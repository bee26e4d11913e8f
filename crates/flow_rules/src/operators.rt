//! Instructions on integers and on what lies topmost, whatever it is (ECMA-335 III.3).

ghost use Rattle.std.specs.Prelude.{◌≡◌, ◌∷◌, Some, option_map};
ghost use Rattle.cil_model.specs.declared.trees.Tree.{Tree};
ghost use Rattle.flow_rules.specs.Flow.{IsAfter, flow_of};
ghost use Rattle.flow_rules.specs.StackTypes.{stack_type, stack_types, type_named};
ghost use Rattle.flow_rules.specs.declared.method_types.MethodTypes.{MethodTypes};
ghost use Rattle.cil_model.specs.FlowRules.{if_allowed};
ghost use Rattle.cil_model.specs.declared.instructions.BinaryOperation.{BinaryOperation};
ghost use Rattle.cil_model.specs.declared.instructions.BranchCondition.TheVariants as conditions;
ghost use Rattle.cil_model.specs.declared.instructions.UnaryOperation.{UnaryOperation};
ghost use Rattle.cil_model.specs.declared.instructions.ShiftOperation.{ShiftOperation};
ghost use Rattle.cil_model.specs.declared.instructions.Instruction.TheVariants as Named;
ghost use Rattle.cil_model.specs.FlowRules.{may_compare, may_branch};
ghost use Rattle.std.specs.Prelude.{List, ℕ};

use crate::entries::{StackEntry, are_comparable, are_integers};
use crate::mismatches::{FlowError, Mismatch};
use crate::type_stack::TypeStack;
use cil_model::instructions::{BranchComparison, BranchCondition, Comparison};
use resolved_code::types::{ResolvedElement, ResolvedType};

/// `int32` on the stack.
pub const INT32: StackEntry = StackEntry::Declared(ResolvedType {
    element: ResolvedElement::Int32,
    brackets: 0,
});

/// `int64` on the stack.
pub const INT64: StackEntry = StackEntry::Declared(ResolvedType {
    element: ResolvedElement::Int64,
    brackets: 0,
});

/// Puts an entry on the stack. The only error is out of memory.
#[tactic(auto, using(crate::proofs::PushedStacks::after_push))]
pub fn put(entry: StackEntry, stack: &mut TypeStack) -> Result<(), FlowError>
    ensures { (tree : Tree) → IsAfter tree result stack.new (Some (stack_type tree entry ∷ stack_types tree stack.old)) }
{
    stack.push(entry)
}

/// Puts an entry on the stack where a test passed.
pub fn put_where(
    is_allowed: bool,
    reason: Mismatch,
    entry: StackEntry,
    stack: &mut TypeStack,
) -> Result<(), FlowError>
    ensures { (tree : Tree) → IsAfter tree result stack.new (if_allowed is_allowed (stack_type tree entry ∷ stack_types tree stack.old)) }
{
    if !is_allowed {
        return Err(FlowError::Mismatch(reason));
    }
    put(entry, stack)
}

/// Leaves the stack as it is where a test passed.
pub fn keep_where(
    is_allowed: bool,
    reason: Mismatch,
    stack: &mut TypeStack,
) -> Result<(), FlowError>
    ensures { (tree : Tree) → IsAfter tree result stack.new (if_allowed is_allowed (stack_types tree stack.old)) }
{
    if !is_allowed {
        return Err(FlowError::Mismatch(reason));
    }
    Ok(())
}

/// `dup`
pub fn duplicate(stack: &mut TypeStack) -> Result<(), FlowError>
    ensures { (m : MethodTypes) → IsAfter m.types.now result stack.new (flow_of m Named.Duplicate stack.old) }
{
    let top = stack.take_one()?;
    stack.push(top)?;
    stack.push(top)
}

/// `pop`
pub fn pop(stack: &mut TypeStack) -> Result<(), FlowError>
    ensures { (m : MethodTypes) → IsAfter m.types.now result stack.new (flow_of m Named.Pop stack.old) }
{
    stack.take_one()?;
    Ok(())
}

/// The operations on two integers of one size.
pub fn binary(stack: &mut TypeStack) -> Result<(), FlowError>
    ensures { (m : MethodTypes) (op : BinaryOperation) → IsAfter m.types.now result stack.new (flow_of m (Named.Binary op) stack.old) }
{
    let (first, second) = stack.take_two()?;
    let reason = Mismatch::OperandTypes(first, second);
    put_where(are_integers(first, second), reason, first, stack)
}

/// `neg`, `not`
pub fn unary(stack: &mut TypeStack) -> Result<(), FlowError>
    ensures { (m : MethodTypes) (op : UnaryOperation) → IsAfter m.types.now result stack.new (flow_of m (Named.Unary op) stack.old) }
{
    let operand = stack.take_one()?;
    let reason = Mismatch::OperandType(operand);
    put_where(operand.is_integer(), reason, operand, stack)
}

/// `shl`, `shr`, `shr.un`: an integer, and above it the amount.
pub fn shift(stack: &mut TypeStack) -> Result<(), FlowError>
    ensures { (m : MethodTypes) (op : ShiftOperation) → IsAfter m.types.now result stack.new (flow_of m (Named.Shift op) stack.old) }
{
    let (operand, amount) = stack.take_two()?;
    let is_allowed = operand.is_integer() && amount.is_int32();
    let reason = Mismatch::OperandTypes(operand, amount);
    put_where(is_allowed, reason, operand, stack)
}

/// What `ceq`, `cgt` and `clt` compare.
fn may_compare(comparison: Comparison, first: StackEntry, second: StackEntry) -> bool
    ensures { (tree : Tree) → result ≡ may_compare comparison (stack_type tree first) (stack_type tree second) }
{
    match comparison {
        Comparison::Equal => are_comparable(first, second),
        Comparison::Greater | Comparison::Less => are_integers(first, second),
    }
}

/// What a conditional branch compares.
fn may_branch(comparison: BranchComparison, first: StackEntry, second: StackEntry) -> bool
    ensures { (tree : Tree) → result ≡ may_branch comparison (stack_type tree first) (stack_type tree second) }
{
    match comparison {
        BranchComparison::Equal | BranchComparison::NotEqual => are_comparable(first, second),
        _ => are_integers(first, second),
    }
}

/// `ceq`, `cgt`, `clt`
pub fn compare(comparison: Comparison, stack: &mut TypeStack) -> Result<(), FlowError>
    ensures { (m : MethodTypes) → IsAfter m.types.now result stack.new (flow_of m (Named.Compare comparison) stack.old) }
{
    let (first, second) = stack.take_two()?;
    let reason = Mismatch::OperandTypes(first, second);
    put_where(may_compare(comparison, first, second), reason, INT32, stack)
}

/// `conv.i4`, of an integer of any size.
pub fn convert_to_int32(stack: &mut TypeStack) -> Result<(), FlowError>
    ensures { (m : MethodTypes) → IsAfter m.types.now result stack.new (flow_of m Named.ConvertInt32 stack.old) }
{
    let operand = stack.take_one()?;
    let is_allowed = operand.is_integer() || operand.is_index();
    put_where(is_allowed, Mismatch::OperandType(operand), INT32, stack)
}

/// `conv.i8`, of an integer of any size.
pub fn convert_to_int64(stack: &mut TypeStack) -> Result<(), FlowError>
    ensures { (m : MethodTypes) → IsAfter m.types.now result stack.new (flow_of m Named.ConvertInt64 stack.old) }
{
    let operand = stack.take_one()?;
    let is_allowed = operand.is_integer() || operand.is_index();
    put_where(is_allowed, Mismatch::OperandType(operand), INT64, stack)
}

/// `brtrue` and `brfalse`, of an integer or a reference.
fn branch_on_value(stack: &mut TypeStack) -> Result<(), FlowError>
    ensures { (m : MethodTypes) (label : List ℕ) → IsAfter m.types.now result stack.new (flow_of m (Named.Branch conditions.IfTrue label) stack.old) }
{
    let operand = stack.take_one()?;
    let is_allowed = operand.is_integer() || operand.is_reference();
    keep_where(is_allowed, Mismatch::OperandType(operand), stack)
}

/// `beq`, `bne.un`, `bge`, `bgt`, `ble`, `blt`
fn branch_on_comparison(
    comparison: BranchComparison,
    stack: &mut TypeStack,
) -> Result<(), FlowError>
    ensures { (m : MethodTypes) (label : List ℕ) → IsAfter m.types.now result stack.new (flow_of m (Named.Branch (conditions.Compare comparison) label) stack.old) }
{
    let (first, second) = stack.take_two()?;
    let reason = Mismatch::OperandTypes(first, second);
    keep_where(may_branch(comparison, first, second), reason, stack)
}

/// A branch, whether it goes to its label or on to the next instruction.
pub fn branch_on_condition(
    condition: BranchCondition,
    stack: &mut TypeStack,
) -> Result<(), FlowError>
    ensures { (m : MethodTypes) (label : List ℕ) → IsAfter m.types.now result stack.new (flow_of m (Named.Branch condition label) stack.old) }
{
    match condition {
        BranchCondition::Always => Ok(()),
        BranchCondition::IfTrue => branch_on_value(stack),
        BranchCondition::IfFalse => branch_on_value(stack),
        BranchCondition::Compare(comparison) => branch_on_comparison(comparison, stack),
    }
}

/// `switch`
pub fn switch(stack: &mut TypeStack) -> Result<(), FlowError>
    ensures { (m : MethodTypes) (labels : List (List ℕ)) → IsAfter m.types.now result stack.new (flow_of m (Named.Switch labels) stack.old) }
{
    let operand = stack.take_one()?;
    keep_where(operand.is_int32(), Mismatch::OperandType(operand), stack)
}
----------------
## TASK BRIEF
Your response should contain each line of the entries above that holds the string "conditions".

## RESULT
ghost use Rattle.cil_model.specs.declared.instructions.BranchCondition.TheVariants as conditions;
    ensures { (m : MethodTypes) (label : List ℕ) → IsAfter m.types.now result stack.new (flow_of m (Named.Branch conditions.IfTrue label) stack.old) }
    ensures { (m : MethodTypes) (label : List ℕ) → IsAfter m.types.now result stack.new (flow_of m (Named.Branch (conditions.Compare comparison) label) stack.old) }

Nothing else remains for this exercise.